Il en va ainsi, tout particulièrement dans la préparation et le fonctionnement des grandes conférences et plus généralement réunion intergouvernementales où des strapontins sont offerts aux « notables »: l’autre partie des ONG organise ses « contre sommets » et autres « forums alternatifs » qui ont pignon sur écrans et exerce une pression médiatique, tandis que l’information circule entre les deux scènes (il y a théâtralisation). On n’en est pas encore arrivé là concernant l’OIF et l’ASEAN, mais sans doute les ONG non créées par des institutions publiques font-elles le pari que c’est l’évolution qui se produira probablement

Ces deux questions permettent de comprendre un peu plus par quelles voies, parfois tortueuses, passe la conquête de leur autonomie par les ONG, notamment celles de l’alibi et du truchement, vis à vis d’organisations intergouvernementales peu ouvertes à leur endroit.
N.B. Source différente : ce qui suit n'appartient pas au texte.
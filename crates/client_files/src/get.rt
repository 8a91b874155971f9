//! A fork's bytes into a sink.
ghost use Rattle.std.specs.Prelude.{◌≡◌, ◌<◌, ◌≤◌, ◌^◌, ◌+◌, length, IfSome, IfNone, ℕ};
ghost use Rattle.afp_outside.specs.ends.Whole.{Prints, PrintsPart};
ghost use Rattle.client_script_commands.specs.commands.Replies.{piece_in};
ghost use Rattle.client_files.specs.Gets.{GetsFork, GetsOnce, TakesRead};
ghost use Rattle.client_files.specs.declared.get.Step.{Step};

use crate::calls::read_at;
use crate::whole::Watch;
use afp_base::{Code, ForkRef};
use afp_outside::{Sink, print_all};
use afp_replies::Reply;
use client_script_commands::{Answer, Asker};

/// The last place at which a read may begin.
const LAST_PLACE: u64 = (1 << 63) - 1;

/// How a fork's reads end.
#[derive(Drop)]
pub enum Got<E> {
    /// The end was read: the fork has so many bytes.
    Done(u64),
    /// A read was refused.
    Refused(Code),
    /// No answer comes.
    Ended(E),
    /// The sink took a first part of a piece, and then failed.
    SinkFault,
    /// The last reply is none that may come.
    BadReply,
}

/// What one read came to.
#[derive(Drop)]
enum Step<E> {
    /// So many bytes were read and written, and there may be more.
    Moved(u64),
    /// So many, and they are the last.
    Last(u64),
    /// It ends.
    Ends(Got<E>),
}

/// The bytes of a reply to a read, and none of another.
pub(crate) fn piece_of(reply: &Reply) -> &[u8]
    ensures { result.now ≡ piece_in reply.now }
{
    match reply {
        Reply::Piece { piece } => piece.as_slice(),
        _ => &[],
    }
}

/// Writes the bytes of a reply: how many, or none where the sink failed.
fn move_piece<O: Sink>(out: &mut O, reply: &Reply) -> Option<u64>
    ensures moved { IfSome result (λ n. (n ≡ length (piece_in reply.now)) × Prints (O.sink_state out.old) (piece_in reply.now) (O.sink_state out.new)) }
    ensures failed { IfNone result (PrintsPart (O.sink_state out.old) (piece_in reply.now) (O.sink_state out.new)) }
{
    let piece = piece_of(reply);
    if print_all(out, piece) {
        Some(piece.len() as u64)
    } else {
        None
    }
}

/// What an answer to a read comes to, which is lent.
fn take_told<E, O: Sink>(out: &mut O, answer: &Answer) -> Step<E>
    ensures { TakesRead answer.now (O.sink_state out.old) result (O.sink_state out.new) }
{
    match answer.code {
        Code::Ok => match move_piece(out, &answer.reply) {
            Some(n) => Step::Moved(n),
            None => Step::Ends(Got::SinkFault),
        },
        Code::EOFErr => match move_piece(out, &answer.reply) {
            Some(n) => Step::Last(n),
            None => Step::Ends(Got::SinkFault),
        },
        _ => Step::Ends(Got::Refused(answer.code)),
    }
}

/// What an answer to a read comes to.
fn take_answer<E, O: Sink>(out: &mut O, answer: Answer) -> Step<E>
    ensures { TakesRead answer (O.sink_state out.old) result (O.sink_state out.new) }
{
    take_told(out, &answer)
}

/// Reads once, and writes what came.
fn get_once<A: Asker, O: Sink>(
    asker: &mut A,
    out: &mut O,
    reference: ForkRef,
    from: u64,
    count: u64,
) -> Step<A::End>
    requires from { from < 2 ^ 63 }
    requires count { count < 2 ^ 63 }
    ensures gets { GetsOnce reference count from (A.exchanges asker.old) (O.sink_state out.old) result (A.exchanges asker.new) (O.sink_state out.new) }
    ensures falls { (n : ℕ) → result ≡ Step.Moved n → A.left asker.new < A.left asker.old }
{
    let call = read_at(reference, from, count);
    match asker.ask(&call) {
        Ok(answer) => take_answer(out, answer),
        Err(end) => Step::Ends(Got::Ended(end)),
    }
}

/// Reads an open fork from this place until its end, in pieces of `count` bytes at most, and writes each to the sink before the next is asked.
pub fn get_fork<A: Asker, O: Sink, W: Watch>(
    asker: &mut A,
    out: &mut O,
    watch: &mut W,
    reference: ForkRef,
    from: u64,
    count: u64,
) -> Got<A::End>
    requires from { from < 2 ^ 63 }
    requires count { count < 2 ^ 63 }
    ensures { GetsFork reference count from (A.exchanges asker.old) (O.sink_state out.old) result (A.exchanges asker.new) (O.sink_state out.new) }
{
    let mut at = from;
    loop {
        match get_once(asker, out, reference, at, count) {
            Step::Moved(n) => {
                if n > LAST_PLACE - at {
                    return Got::BadReply;
                }
                at += n;
                watch.moved(at);
            }
            Step::Last(n) => {
                if n > LAST_PLACE - at {
                    return Got::BadReply;
                }
                watch.moved(at + n);
                return Got::Done(at + n);
            }
            Step::Ends(end) => return end,
        }
    }
}
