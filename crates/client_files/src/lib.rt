//! Forks carried between a server and local files, piece by piece, over whoever asks the calls; and a file's name on either side.
#![tactic(auto)]

mod calls;
mod get;
mod names;
mod put;
mod verify;
mod whole;

pub use calls::{MOST_PIECE, read_at, write_at};
pub use get::{Got, get_fork};
pub use names::{local_name, names_come_back, server_name};
pub use put::{Put, put_fork};
pub use verify::{Verified, verify_fork};
pub use whole::Watch;
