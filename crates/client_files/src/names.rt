//! A file's name on the server, and on this machine.
//!
//! A name of the server is any bytes. A local name holds no `/`, is not `.` or `..`, and does not begin with `._`, which is a sidecar's.
//! So `/` is `:`, `:` is `%3A`, and a first `.` that can't stand is `%2E`. A `%` that would be read as one of these is `%25`.
ghost use Rattle.std.specs.Prelude.{◌≡◌, ◌++◌, ◌∷◌, ◌<◌, true, List, ℕ, IfOk, OnOk, length};
ghost use Rattle.client_files.specs.Names.{IsLocal, begins, begins_dotted, begins_hidden, begins_pair, behind_25, is_colon, is_dot, is_hidden, is_nil, local_byte, local_bytes, local_name, server_bytes, server_name, unescaped};

use afp_base::{Bytes, OutOfMemory, rest_of};
use std::alloc::Global;

/// The two names of a file come back from each other, and a local name stands. The function does nothing: its contract is the law.
#[tactic(auto, using(crate::proofs::NameLemmas::server_back, crate::proofs::NameLemmas::local_back, crate::proofs::NameLemmas::local_stands))]
pub fn names_come_back()
    ensures server { (name : List ℕ) → server_name (local_name name) ≡ name }
    ensures local { (name : List ℕ) → IsLocal name → local_name (server_name name) ≡ name }
    ensures stands { (name : List ℕ) → IsLocal (local_name name) }
{}

/// Whether these bytes begin with this one.
fn begins(bytes: &[u8], byte: u8) -> bool
    ensures { result ≡ begins byte bytes.now }
{
    match bytes.first() {
        Some(first) => *first == byte,
        None => false,
    }
}

/// Whether these bytes begin with this pair.
#[tactic(auto, using(crate::proofs::NameSteps::pair_here))]
fn begins_pair(bytes: &[u8], first: u8, second: u8) -> bool
    ensures { result ≡ begins_pair first second bytes.now }
{
    begins(bytes, first) && begins(rest_of(bytes, 1), second)
}

/// The bytes behind each `25` at the front.
#[tactic(auto, using(crate::proofs::NameSteps::behind_step, crate::proofs::NameSteps::pair_some, crate::proofs::NameLemmas::behind_stays))]
fn behind_25(bytes: &[u8]) -> &[u8]
    ensures { result.now ≡ behind_25 bytes.now }
{
    let mut rest = bytes;
    while begins_pair(rest, b'2', b'5') {
        rest = rest_of(rest, 2);
    }
    rest
}

/// Whether a `%` before these bytes stands for a `:`, or for a `%` that would else.
fn is_colon(bytes: &[u8]) -> bool
    ensures { result ≡ is_colon bytes.now }
{
    begins_pair(behind_25(bytes), b'3', b'A')
}

/// Whether a name that goes on like this behind a first `.` can't stand locally.
#[tactic(auto, using(crate::proofs::NameSteps::hidden_here))]
fn is_hidden(bytes: &[u8]) -> bool
    ensures { result ≡ is_hidden bytes.now }
{
    bytes.is_empty() || begins(bytes, b'_') || (begins(bytes, b'.') && bytes.len() == 1)
}

/// Whether a first `%` before these bytes stands for a first `.`, or for a `%` that would else.
#[tactic(auto, using(crate::proofs::NameSteps::dot_here))]
fn is_dot(bytes: &[u8]) -> bool
    ensures { result ≡ is_dot bytes.now }
{
    let rest = behind_25(bytes);
    begins_pair(rest, b'2', b'E') && is_hidden(rest_of(rest, 2))
}

/// Appends what stands locally for a byte of the server's name, before these.
fn put_local(out: &mut Bytes, byte: u8, rest: &[u8]) -> Result<(), OutOfMemory>
    ensures { OnOk result (out.new ≡ out.old ++ local_byte byte rest.now) }
{
    match byte {
        b'/' => out.extend(b":"),
        b':' => out.extend(b"%3A"),
        b'%' => {
            if is_colon(rest) {
                out.extend(b"%25")
            } else {
                out.extend(b"%")
            }
        }
        _ => out.extend(&[byte]),
    }
}

/// Appends what stands locally for these bytes.

fn put_locals(out: &mut Bytes, name: &[u8]) -> Result<(), OutOfMemory>
    ensures { OnOk result (out.new ≡ out.old ++ local_bytes name.now) }
{
    let mut rest = name;
    while !rest.is_empty() {
        let more = rest_of(rest, 1);
        put_local(out, rest[0], more)?;
        rest = more;
    }
    Ok(())
}

/// Whether these bytes are `.` or `..`, or begin with `._`.
#[tactic(auto, using(crate::proofs::NameSteps::hidden_begins))]
fn begins_hidden(name: &[u8]) -> bool
    ensures { result ≡ begins_hidden name.now }
{
    begins(name, b'.') && is_hidden(rest_of(name, 1))
}

/// Whether these bytes begin with a `%` that stands for a first `.`, or for a `%` that would else.
#[tactic(auto, using(crate::proofs::NameSteps::dotted_begins))]
fn begins_dotted(name: &[u8]) -> bool
    ensures { result ≡ begins_dotted name.now }
{
    begins(name, b'%') && is_dot(rest_of(name, 1))
}

/// Appends a first dot that may not be seen, and what stands locally for these bytes.
fn put_dot(out: &mut Bytes, rest: &[u8]) -> Result<(), OutOfMemory>
    ensures { OnOk result (out.new ≡ out.old ++ 37 ∷ 50 ∷ 69 ∷ local_bytes rest.now) }
{
    out.extend(b"%2E")?;
    put_locals(out, rest)?;
    Ok(())
}

/// Appends a first `%` that would be read as such a dot, and what stands locally for these bytes.
fn put_percent(out: &mut Bytes, rest: &[u8]) -> Result<(), OutOfMemory>
    ensures { OnOk result (out.new ≡ out.old ++ 37 ∷ 50 ∷ 53 ∷ local_bytes rest.now) }
{
    out.extend(b"%25")?;
    put_locals(out, rest)?;
    Ok(())
}

/// Appends the local name of a name of the server.
#[tactic(auto, using(crate::proofs::NameSteps::hidden_is, crate::proofs::NameSteps::dotted_is, crate::proofs::NameSteps::other_is))]
fn put_name(out: &mut Bytes, name: &[u8]) -> Result<(), OutOfMemory>
    ensures { OnOk result (out.new ≡ out.old ++ local_name name.now) }
{
    let rest = rest_of(name, 1);
    if begins_hidden(name) {
        put_dot(out, rest)?;
        return Ok(());
    }
    if begins_dotted(name) {
        put_percent(out, rest)?;
        return Ok(());
    }
    put_locals(out, name)?;
    Ok(())
}

/// The local name of a name of the server.
pub fn local_name(alloc: Global, name: &[u8]) -> Result<Bytes, OutOfMemory>
    ensures { IfOk result (λ local. local ≡ local_name name.now) }
{
    let mut out = Bytes::new(alloc);
    put_name(&mut out, name)?;
    Ok(out)
}

/// The byte that a `%` before these stands for, where it stands for one.
fn unescaped(bytes: &[u8]) -> u8
    ensures { (c d : ℕ) (rest : List ℕ) → bytes.now ≡ c ∷ d ∷ rest → result ≡ unescaped c d }
{
    if begins(bytes, b'3') {
        b':'
    } else if begins(rest_of(bytes, 1), b'5') {
        b'%'
    } else {
        b'.'
    }
}

/// Appends the first byte of the server's name of these, and gives the bytes behind it.
#[tactic(auto, using(crate::proofs::NameSteps::server_colon, crate::proofs::NameSteps::server_percent, crate::proofs::NameSteps::server_other, crate::proofs::NameSteps::server_escaped))]
fn put_server<'a>(out: &mut Bytes, name: &'a [u8]) -> Result<&'a [u8], OutOfMemory>
    requires { 0 < length name.now }
    ensures puts { IfOk result (λ rest. out.old ++ server_bytes name.now ≡ out.new ++ server_bytes rest.now) }
    ensures less { IfOk result (λ rest. length rest.now < length name.now) }
{
    let rest = rest_of(name, 1);
    let byte = name[0];
    if byte == b':' {
        out.extend(b"/")?;
        return Ok(rest);
    }
    if byte != b'%' {
        out.extend(&[byte])?;
        return Ok(rest);
    }
    if is_colon(rest) {
        out.extend(&[unescaped(rest)])?;
        return Ok(rest_of(rest, 2));
    }
    out.extend(b"%")?;
    Ok(rest)
}

/// Appends the server's name of these bytes.

fn put_servers(out: &mut Bytes, name: &[u8]) -> Result<(), OutOfMemory>
    ensures { OnOk result (out.new ≡ out.old ++ server_bytes name.now) }
{
    let mut rest = name;
    while !rest.is_empty() {
        let more = put_server(out, rest)?;
        rest = more;
    }
    Ok(())
}

/// Appends the server's name of a local name that begins with a dot, or with a `%`, in such a form.
fn put_dotted(out: &mut Bytes, name: &[u8]) -> Result<(), OutOfMemory>
    requires { begins_dotted name.now ≡ true }
    ensures { OnOk result (out.new ≡ out.old ++ server_name name.now) }
{
    let rest = rest_of(name, 1);
    let byte = unescaped(rest);
    out.extend(&[byte])?;
    let more = rest_of(rest, 2);
    put_servers(out, more)?;
    Ok(())
}

/// The name of the server of a local name.
#[tactic(auto, using(crate::proofs::NameLemmas::name_plain))]
pub fn server_name(alloc: Global, name: &[u8]) -> Result<Bytes, OutOfMemory>
    ensures { IfOk result (λ server. server ≡ server_name name.now) }
{
    let mut out = Bytes::new(alloc);
    if begins_dotted(name) {
        put_dotted(&mut out, name)?;
        return Ok(out);
    }
    put_servers(&mut out, name)?;
    Ok(out)
}
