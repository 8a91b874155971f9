//! A fork's bytes compared with a source's.
ghost use Rattle.std.specs.Prelude.{◌≡◌, ◌<◌, ◌≤◌, ◌^◌, ◌+◌, length, take, ℕ};
ghost use Rattle.afp_outside.specs.ends.Source.{SourceReads};
ghost use Rattle.client_files.specs.Verifies.{Compares, EndsAt, Shares, TakesPiece, TakesRead, VerifiesFork, VerifiesOnce};
ghost use Rattle.afp_outside.specs.declared.ends.link.ReadResult.{ReadResult};
ghost use Rattle.client_files.specs.declared.verify.Compared.{Compared};
ghost use Rattle.client_files.specs.declared.verify.Step.{Step};

use crate::calls::read_at;
use crate::get::piece_of;
use crate::whole::Watch;
use afp_base::{Code, ForkRef, rest_of};
use afp_outside::{ReadResult, Source};
use client_script_commands::{Answer, Asker};

/// The last place at which a read may begin.
const LAST_PLACE: u64 = (1 << 63) - 1;

/// How a comparison ends.
#[derive(Drop)]
pub enum Verified<E> {
    /// Both ended, with equal bytes: the fork has so many.
    Equal(u64),
    /// The first place of the fork where the two differ, or where one ended and the other did not.
    Differs(u64),
    /// A read of the fork was refused.
    Refused(Code),
    /// No answer comes.
    Ended(E),
    /// A read of the source failed.
    SourceFault,
    /// The last reply is none that may come.
    BadReply,
}

/// What comparing a piece came to.
#[derive(Clone, Copy, Debug, PartialEq, Eq)]
pub(crate) enum Compared {
    /// The source gave the same bytes.
    Same,
    /// So many were the same; then another byte came, or the source ended.
    Differs(usize),
    /// A read of the source failed.
    Failed,
}

/// What one read came to.
#[derive(Drop)]
enum Step<E> {
    /// So many bytes were the same, and there may be more.
    Moved(u64),
    /// It ends.
    Ends(Verified<E>),
}

/// How many bytes a piece has in common with the first of another, which is as long.
#[tactic(auto, using(crate::proofs::VerifyLemmas::shares_part, crate::proofs::VerifyLemmas::shares_end))]
fn common(given: &[u8], piece: &[u8]) -> usize
    requires { length given.now ≤ length piece.now }
    ensures { Shares given.now piece.now result }
{
    let mut more = given;
    let mut left = piece;
    let mut n = 0;
    while !more.is_empty() {
        if more[0] == left[0] {
            let next = rest_of(more, 1);
            let after = rest_of(left, 1);
            more = next;
            left = after;
            n += 1;
        } else {
            return n;
        }
    }
    n
}

/// Reads once, into the front of the room.
fn read_front<S: Source>(source: &mut S, room: &mut [u8], most: usize) -> ReadResult
    requires some { 0 < most }
    requires within { most ≤ length room.old }
    ensures size { length room.new ≡ length room.old }
    ensures reads { SourceReads (S.source_state source.old) (take most room.new) result (S.source_state source.new) }
    ensures most { (n : ℕ) → result ≡ ReadResult.Got n → n ≤ most }
{
    source.read(&mut room[..most])
}

/// Compares a piece, which is not the last, with the next bytes of a source.
fn compare<S: Source>(source: &mut S, room: &mut [u8], piece: &[u8]) -> Compared
    requires some { 0 < length room.old }
    ensures size { length room.new ≡ length room.old }
    ensures compares { Compares piece.now (S.source_state source.old) result (S.source_state source.new) }
    ensures within { (n : ℕ) → result ≡ Compared.Differs n → n ≤ length piece.now }
{
    let mut left = piece;
    while !left.is_empty() {
        let most = room.len().min(left.len());
        match read_front(source, room, most) {
            ReadResult::Got(n) => {
                let same = common(&room[..n], left);
                if same < n {
                    return Compared::Differs(piece.len() - left.len() + same);
                }
                let rest = rest_of(left, n);
                left = rest;
            }
            ReadResult::End => return Compared::Differs(piece.len() - left.len()),
            ReadResult::Failed => return Compared::Failed,
            ReadResult::Quiet => return Compared::Failed,
        }
    }
    Compared::Same
}

/// How a comparison ends where all bytes of the fork were the source's, up to this place.
fn ends<E, S: Source>(source: &mut S, room: &mut [u8], size: u64) -> Verified<E>
    requires some { 0 < length room.old }
    ensures size { length room.new ≡ length room.old }
    ensures ends { EndsAt size (S.source_state source.old) result (S.source_state source.new) }
{
    match read_front(source, room, 1) {
        ReadResult::Got(_) => Verified::Differs(size),
        ReadResult::End => Verified::Equal(size),
        ReadResult::Failed => Verified::SourceFault,
        ReadResult::Quiet => Verified::SourceFault,
    }
}

/// What a piece from this place comes to; behind the last the source must end.
#[tactic(auto, using(crate::proofs::VerifyLemmas::takes_last, crate::proofs::VerifyLemmas::takes_part))]
fn take_piece<E, S: Source>(
    source: &mut S,
    room: &mut [u8],
    piece: &[u8],
    from: u64,
    is_last: bool,
) -> Step<E>
    requires from { from < 2 ^ 63 }
    requires some { 0 < length room.old }
    ensures size { length room.new ≡ length room.old }
    ensures takes { TakesPiece is_last piece.now from (S.source_state source.old) result (S.source_state source.new) }
{
    let size = piece.len() as u64;
    if size > LAST_PLACE - from {
        return Step::Ends(Verified::BadReply);
    }
    match compare(source, room, piece) {
        Compared::Same => {
            if is_last {
                Step::Ends(ends(source, room, from + size))
            } else {
                Step::Moved(size)
            }
        }
        Compared::Differs(n) => Step::Ends(Verified::Differs(from + n as u64)),
        Compared::Failed => Step::Ends(Verified::SourceFault),
    }
}

/// What an answer to a read from this place comes to, which is lent.
#[tactic(auto, using(crate::proofs::VerifyLemmas::told_ok, crate::proofs::VerifyLemmas::told_end, crate::proofs::VerifyLemmas::told_refused))]
fn take_told<E, S: Source>(source: &mut S, room: &mut [u8], answer: &Answer, from: u64) -> Step<E>
    requires from { from < 2 ^ 63 }
    requires some { 0 < length room.old }
    ensures size { length room.new ≡ length room.old }
    ensures takes { TakesRead answer.now from (S.source_state source.old) result (S.source_state source.new) }
{
    match answer.code {
        Code::Ok => take_piece(source, room, piece_of(&answer.reply), from, false),
        Code::EOFErr => take_piece(source, room, piece_of(&answer.reply), from, true),
        _ => Step::Ends(Verified::Refused(answer.code)),
    }
}

/// What an answer to a read from this place comes to.
fn take_answer<E, S: Source>(source: &mut S, room: &mut [u8], answer: Answer, from: u64) -> Step<E>
    requires from { from < 2 ^ 63 }
    requires some { 0 < length room.old }
    ensures size { length room.new ≡ length room.old }
    ensures takes { TakesRead answer from (S.source_state source.old) result (S.source_state source.new) }
{
    take_told(source, room, &answer, from)
}

/// Reads once, and compares what came.
fn verify_once<A: Asker, S: Source>(
    asker: &mut A,
    source: &mut S,
    room: &mut [u8],
    reference: ForkRef,
    from: u64,
    count: u64,
) -> Step<A::End>
    requires from { from < 2 ^ 63 }
    requires count { count < 2 ^ 63 }
    requires some { 0 < length room.old }
    ensures size { length room.new ≡ length room.old }
    ensures verifies { VerifiesOnce reference count from (A.exchanges asker.old) (S.source_state source.old) result (A.exchanges asker.new) (S.source_state source.new) }
    ensures places { (n : ℕ) → result ≡ Step.Moved n → from + n < 2 ^ 63 }
    ensures falls { (n : ℕ) → result ≡ Step.Moved n → A.left asker.new < A.left asker.old }
{
    let call = read_at(reference, from, count);
    match asker.ask(&call) {
        Ok(answer) => take_answer(source, room, answer, from),
        Err(end) => Step::Ends(Verified::Ended(end)),
    }
}

/// Reads an open fork from this place until its end, in pieces of `count` bytes at most, and compares it with what the source gives.
pub fn verify_fork<A: Asker, S: Source, W: Watch>(
    asker: &mut A,
    source: &mut S,
    watch: &mut W,
    room: &mut [u8],
    reference: ForkRef,
    from: u64,
    count: u64,
) -> Verified<A::End>
    requires from { from < 2 ^ 63 }
    requires count { count < 2 ^ 63 }
    requires some { 0 < length room.old }
    ensures size { length room.new ≡ length room.old }
    ensures verifies { VerifiesFork reference count from (A.exchanges asker.old) (S.source_state source.old) result (A.exchanges asker.new) (S.source_state source.new) }
{
    let mut at = from;
    loop {
        match verify_once(asker, source, room, reference, at, count) {
            Step::Moved(n) => {
                at += n;
                watch.moved(at);
            }
            Step::Ends(end) => return end,
        }
    }
}
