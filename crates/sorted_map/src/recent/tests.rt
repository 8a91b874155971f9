use super::*;

/// The places of four things, the last found first.
fn four() -> RecentPlaces {
    let recent = RecentPlaces::new();
    recent.found(3);
    recent.found(5);
    recent.found(7);
    recent.found(9);
    recent
}

#[test]
fn what_is_found_comes_first(rt: HostRuntime) {
    let recent = four();
    assert_eq!(rt; recent.places(), [9, 7, 5, 3]);
    recent.found(5);
    assert_eq!(rt; recent.last(), 5);
    assert_eq!(rt; recent.places(), [5, 9, 7, 3]);
    recent.found(9);
    assert_eq!(rt; recent.places(), [9, 5, 7, 3]);
    recent.found(3);
    assert_eq!(rt; recent.places(), [3, 9, 5, 7]);
    recent.found(3);
    assert_eq!(rt; recent.places(), [3, 9, 5, 7]);
    recent.found(4);
    assert_eq!(rt; recent.places(), [4, 3, 9, 5]);
}

#[test]
fn places_move_with_what_stands_there(rt: HostRuntime) {
    let recent = four();
    recent.inserted(7);
    assert_eq!(rt; recent.places(), [7, 10, 8, 5]);
    recent.removed(7);
    assert_eq!(rt; recent.places(), [7, 9, 7, 5]);
    recent.removed(0);
    assert_eq!(rt; recent.places(), [6, 8, 6, 4]);
    recent.inserted(usize::MAX);
    assert_eq!(rt; recent.places(), [usize::MAX, 6, 8, 6]);
}
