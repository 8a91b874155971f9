//! Reads and writes of a fork at any place.
ghost use Rattle.std.specs.Prelude.{◌≡◌, ◌<◌, ◌≤◌, ◌^◌, length};
ghost use Rattle.client_script_lines.specs.calls.Asked.{IsAskable};
ghost use Rattle.client_files.specs.Requests.{most_piece, read_at, write_at};

use afp_base::ForkRef;
use afp_calls_grammar::{Call, Piece};

/// The most bytes of a piece: the quantum that the server answers.
pub const MOST_PIECE: usize = 130_048;

/// FPReadExt of so many bytes from this one on.
#[tactic(auto, using(crate::proofs::AskableLemmas::askable_read_at))]
pub fn read_at(reference: ForkRef, from: u64, count: u64) -> Call<'static>
    requires from { from < 2 ^ 63 }
    requires count { count < 2 ^ 63 }
    ensures call { result ≡ read_at reference from count }
    ensures askable { IsAskable result }
{
    Call::ReadExt {
        reference,
        offset: from as i64,
        count: count as i64,
    }
}

/// FPWriteExt of these bytes from this one on.
#[tactic(auto, using(crate::proofs::AskableLemmas::askable_write_at))]
pub fn write_at<'a>(reference: ForkRef, from: u64, piece: &'a [u8]) -> Call<'a>
    requires from { from < 2 ^ 63 }
    requires piece { length piece.now ≤ most_piece }
    ensures call { result ≡ write_at reference from piece.now }
    ensures askable { IsAskable result }
{
    Call::WriteExt {
        flag: 0,
        reference,
        offset: from as i64,
        count: piece.len() as i64,
        piece: Piece::new(piece),
    }
}
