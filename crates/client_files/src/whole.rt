//! Whole pieces from a source, and whoever is told how far a copy is.
ghost use Rattle.std.specs.Prelude.{◌≡◌, ◌<◌, ◌≤◌, ◌-◌, length, take, drop, ℕ};
ghost use Rattle.afp_outside.specs.ends.Source.{SourceReads};
ghost use Rattle.afp_outside.specs.declared.ends.link.ReadResult.{ReadResult};
ghost use Rattle.client_files.specs.Sources.{Fills};

use afp_outside::{ReadResult, Source};

/// Whoever is told how far a copy is.
pub trait Watch {
    /// So many bytes of the fork are where they belong.
    fn moved(&mut self, bytes: u64);
}

/// What filling a room came to.
#[derive(Clone, Copy, Debug, PartialEq, Eq)]
pub enum Filled {
    /// So many bytes begin the room, and fewer than it holds only at the source's end.
    Got(usize),
    /// A read failed; what it gave before is lost.
    Failed,
}

/// Reads once, into the room from `from` on, and no further than `to`.
pub(crate) fn read_into<S: Source>(
    source: &mut S,
    room: &mut [u8],
    from: usize,
    to: usize,
) -> ReadResult
    requires some { from < to }
    requires within { to ≤ length room.old }
    ensures same { take from room.new ≡ take from room.old }
    ensures size { length room.new ≡ length room.old }
    ensures reads { SourceReads (S.source_state source.old) (take (to - from) (drop from room.new)) result (S.source_state source.new) }
    ensures most { (n : ℕ) → result ≡ ReadResult.Got n → n ≤ to - from }
{
    source.read(&mut room[from..to])
}

/// Reads into a room until it is full or the source ends.
pub(crate) fn fill<S: Source>(source: &mut S, room: &mut [u8]) -> Filled
    ensures size { length room.new ≡ length room.old }
    ensures fills { Fills (S.source_state source.old) room.new result (S.source_state source.new) }
{
    let mut got = 0;
    let most = room.len();
    while got < most {
        match read_into(source, room, got, most) {
            ReadResult::Got(n) => got += n,
            ReadResult::End => return Filled::Got(got),
            ReadResult::Failed => return Filled::Failed,
            ReadResult::Quiet => return Filled::Failed,
        }
    }
    Filled::Got(got)
}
III. Deux modèles alternatifs : Banque mondiale, Union européenne et

un de leurs épigones, l’Union Africaine

Le régime conçu par l’Organisation des Nations Unies, s’il est largement répandu et imité, n’est pas le seul. Plusieurs organisations intergouvernementales ont cherché à organiser d’autres modes de relations avec leur environnement. Cette ingénierie organisationnelle exprime des conceptions très différentes tant sur les organisations des sociétés civiles avec lesquelles elles souhaitent coopérer que quant à la hiérarchie qu’elles établissent entre les acteurs internationaux.

On présentera ici deux institutions qui ont conçu des régimes originaux et fort différents, la Banque Mondiale et l’Union Européenne. Pour illustrer la force de conviction qui est la leur, on présentera une toute jeune institution, l’Union Africaine, qui s’apprête à en tenter la synthèse.

Ces modèles sont originaux, mais aussi contestés : Banque Mondiale et Union Européenne, en dépit de leur inventivité dans leurs rapports avec les organisations des sociétés civiles, se sont trouvées tout autant violemment agressées, au cours de ces dernières années, que des institutions comme le Fonds Monétaire International, l’Organisation pour la Coopération en Europe, l’Organisation Mondiale du Commerce ou encore cette entité politique qu’est le G 7- G 8, toutes dénuées de mécanisme de concertation avec les ONG,. La dureté de la contestation qui vise aujourd’hui Banque Mondiale et Union Européenne contraste avec l’empathie présidant aux relations entre les institutions du système des Nations unies et les ONG. Cette différence est souvent mise, au moins partiellement, sur le compte d’une mauvaise gestion des relations avec ces dernières. Essayons de comprendre.